War auch in Swinemünde, da ging es ganz gut vom Leuchtturm aus auf Platte, Barsch und Zander. 


LG
Brandungsteufel


----------



## möwe14 (22. September 2015)

*AW: Brandungsangeln in Kolberg / Polen ??*

Hallo Brandungsteufel,
hast du direkt am Strand von Kolberg (Promenade, Seebrücke) geangelt oder weiter entfernt?
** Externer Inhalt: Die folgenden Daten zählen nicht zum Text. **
//! Where the program's files come from and where its text goes.
//!
//! A [`Shelf`] gives files by name, a [`Sink`] takes text piece by piece. Each is a trait whose
//! contract speaks of a meaning (what is held, what was written) and of a count of faults, so that
//! code above is proved for every shelf and every sink at once. [`MemShelf`] and [`MemSink`] are
//! the two in memory, whose meaning is told in full. [`DiskShelf`] and [`StdSink`] are the trusted
//! edge to real files and to the standard streams: they count their faults and tell no bytes.
#![tactic(auto)]

mod disk_shelf;
mod mem_shelf;
mod mem_sink;
mod schedule;
mod shelves;
mod sinks;
mod std_sink;

pub use disk_shelf::DiskShelf;
pub use mem_shelf::MemShelf;
pub use mem_sink::MemSink;
pub use shelves::{FetchErr, Shelf};
pub use sinks::{PutErr, Sink, Stopped, put_all};
pub use std_sink::StdSink;
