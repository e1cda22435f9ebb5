//! Shelves: where files come from.
ghost use Rattle.std.specs.Prelude.{◌≡◌, ℕ, ◌≤◌, ◌⊎◌, List, IfOk, OnOk, IsErrOf, vec_len};
ghost use Rattle.plan_io.specs.Counts.{Rose};
ghost use Rattle.plan_io.specs.Held.{Held, Missing, Gives, MayExceed, Exceeds};

use std::alloc::Global;
use thiserror::Error;

/// Why a shelf gave no file.
#[derive(Clone, Copy, Debug, PartialEq, Eq, Error)]
pub enum FetchErr {
    /// The source failed, or there is no file of this name.
    #[error("the file cannot be read")]
    Failed,
    /// The file has more bytes than the limit.
    #[error("the file is too long")]
    TooLong,
    /// There is not enough memory for the file's bytes.
    #[error("out of memory")]
    Memory,
}

/// A source of files, each under a name.
///
/// Its contract speaks of three meanings. `held` is what the shelf tells of the file under a name:
/// its bytes, that there is none, or nothing at all. `faults` counts the times that the source
/// itself failed. A shelf that keeps the count in 64 bits leaves it at its last value; that the
/// count rose is therefore said also of a count that stands there. `fetched` says of two states of
/// the shelf that the second came of a fetch of the file under a name in the first: by it a caller
/// can say which files it fetched, in which order, and in which fetch the source failed. It holds
/// of any two states where a shelf says no more.
///
/// To those who write a shelf: count your refusals, and nothing else. A fetch that gives the file,
/// and one that finds it too long, leaves the count as it was; so does no fetch that tried again
/// after a failure.
pub trait Shelf {
    ghost held: { Self → List ℕ → Held };

    ghost faults: { Self → ℕ };

    ghost fetched: { Self → List ℕ → Self → Type 0 } = { λ _ _ _. Unit {0} };

    /// Gives the bytes of the file under `name`, if they are at most `limit` bytes.
    ///
    /// A name that is told as missing is by itself no cause for the count of faults to rise.
    fn fetch(&mut self, alloc: Global, name: &str, limit: usize) -> Result<Vec<u8>, FetchErr>
        // What comes is the file, within the limit.
        ensures bytes { IfOk result (λ file. Gives (held self.old name.now) file.items) }
        ensures within { IfOk result (λ file. vec_len file ≤ limit) }

        // When each refusal comes.
        ensures failed { IsErrOf result FetchErr.Failed
            → Rose (faults self.old) (faults self.new) ⊎ (held self.old name.now ≡ Missing) }
        ensures too_long { IsErrOf result FetchErr.TooLong
            → MayExceed limit (held self.old name.now) }

        // What a told file comes to, where the source does not fail and memory suffices.
        ensures missing { held self.old name.now ≡ Missing
            → IsErrOf result FetchErr.Failed ⊎ IsErrOf result FetchErr.Memory }
        ensures exceeding { Exceeds limit (held self.old name.now)
            → Rose (faults self.old) (faults self.new)
            ⊎ (IsErrOf result FetchErr.TooLong ⊎ IsErrOf result FetchErr.Memory) }

        // Nothing that was given or measured had a fault.
        ensures given { OnOk result (faults self.new ≡ faults self.old) }
        ensures measured { IsErrOf result FetchErr.TooLong → faults self.new ≡ faults self.old }

        // This was a fetch of that file. It changes nothing that is held, and the count never
        // falls.
        ensures fetch { fetched self.old name.now self.new }
        ensures kept { (file : List ℕ) → held self.new file ≡ held self.old file }
        ensures later { faults self.old ≤ faults self.new };
}
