//! Outcomes that are written twice.

ghost use Rattle.lint_mistakes.specs.Copies as copies;
ghost use Rattle.sexpr_text.specs.Forest.{forest_of};
ghost use Rattle.std.specs.Prelude.{◌≡◌, ◌++◌, IfOk, OnOk};

use crate::mistakes::{Mistake, MistakeKind};
use crate::rows::sections_of;
use sexpr_text::{Form, Head, View, begins_with, head_of, is_nothing};
use std::alloc::{AllocError, Global};

/// The outcomes in the text of a domain with these forms that a later outcome of the same choice
/// repeats.
pub(crate) fn copied_outcomes(alloc: Global, forms: &[Form]) -> Result<Vec<Mistake>, AllocError>
    ensures { IfOk result (λ found. found.items ≡ copies.copied_outcomes (forest_of forms.now)) }
{
    let mut found = Vec::new(alloc);
    add_copies(sections_of(forms, b"domain"), &mut found)?;
    Ok(found)
}

/// Adds the repeated outcomes of all choices in a row, at any depth.
fn add_copies(row: &[Form], found: &mut Vec<Mistake>) -> Result<(), AllocError>
    ensures { OnOk result (found.new.items
        ≡ found.old.items ++ copies.copies_in (forest_of row.now)) }
{
    for form in row {
        if let View::Group(_span, parts) = form.view() {
            add_choice(parts, found)?;
            add_copies(parts, found)?;
        }
    }
    Ok(())
}

/// Adds the repeated outcomes of a choice with these parts.
fn add_choice(parts: &[Form], found: &mut Vec<Mistake>) -> Result<(), AllocError>
    ensures { OnOk result (found.new.items
        ≡ found.old.items ++ copies.choice_copies (forest_of parts.now)) }
{
    if is_choice(parts) {
        add_repeated(parts, found)?;
    }
    Ok(())
}

/// Whether a list with these parts is a choice between outcomes.
fn is_choice(parts: &[Form]) -> bool
    ensures { result ≡ copies.is_choice (forest_of parts.now) }
{
    begins_with(parts, b"oneof") || begins_with(parts, b"probabilistic")
}

/// Adds the lists of a row that a later one repeats.
fn add_repeated(row: &[Form], found: &mut Vec<Mistake>) -> Result<(), AllocError>
    ensures { OnOk result (found.new.items
        ≡ found.old.items ++ copies.repeated (forest_of row.now)) }
{
    let mut rest = row;
    loop {
        match head_of(rest) {
            Head::Nothing => return Ok(()),
            Head::Word(_span, _text, after) => rest = after,
            Head::Group(span, parts, after) => {
                if has_list(parts, after) {
                    found.push(Mistake {
                        span,
                        kind: MistakeKind::Copied,
                    })?;
                }
                rest = after;
            }
        }
    }
}

/// Whether a list of the row has the same words as these parts.
pub(crate) fn has_list(parts: &[Form], row: &[Form]) -> bool
    ensures { result ≡ copies.has_list (forest_of parts.now) (forest_of row.now) }
{
    for form in row {
        if let View::Group(_span, other) = form.view() {
            if same_words(parts, other) {
                return true;
            }
        }
    }
    false
}

/// Whether two rows have the same words in the same lists.
pub(crate) fn same_words(row: &[Form], other: &[Form]) -> bool
    ensures { result ≡ copies.same_words (forest_of row.now) (forest_of other.now) }
{
    let mut rest = row;
    let mut others = other;
    loop {
        match head_of(rest) {
            Head::Nothing => return is_nothing(others),
            Head::Word(_span, text, after) => match head_of(others) {
                Head::Word(_place, word, next) => {
                    if !text.is(word.as_bytes()) {
                        return false;
                    }
                    rest = after;
                    others = next;
                }
                _ => return false,
            },
            Head::Group(_span, parts, after) => match head_of(others) {
                Head::Group(_place, inner, next) => {
                    if !same_words(parts, inner) {
                        return false;
                    }
                    rest = after;
                    others = next;
                }
                _ => return false,
            },
        }
    }
}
Würmer bekommt man dort #6, habe ich bereits herausgefunden. 
Gruß Möwe14


----------



## brandungsteufel (25. September 2015)

*AW: Brandungsangeln in Kolberg / Polen ??*

Ich konnte direkt über einen Pfad vom Hotel zum Strand, war abgelegen und nicht an der Promenade. War auch echt nicht voll zu der Zeit. War mein erstes angeln an der Ostsee, und auch direkt erfolgreich. War nur damals verwundert wo die Gezeiten bleiben die ich von der Nordsee gewohnt war  und auch das nach vorne oder hinten umstellen der Ruten ist entfallen 

LG
Brandungsteufel


----------



## möwe14 (26. September 2015)

*AW: Brandungsangeln in Kolberg / Polen ??*

Hallo Brandungsteufel,
Danke für deine Antwort. Werde es dann mal versuchen...Irgendwas wird schon laufen. 
Dir immer ein "Petri Heil"
Gruß Möwe 14


----------



## wobbi (1. Oktober 2015)

*AW: Brandungsangeln in Kolberg / Polen ??*

Hallo möwe 14, ich habe zu dir PN geschickt |wavey:


----------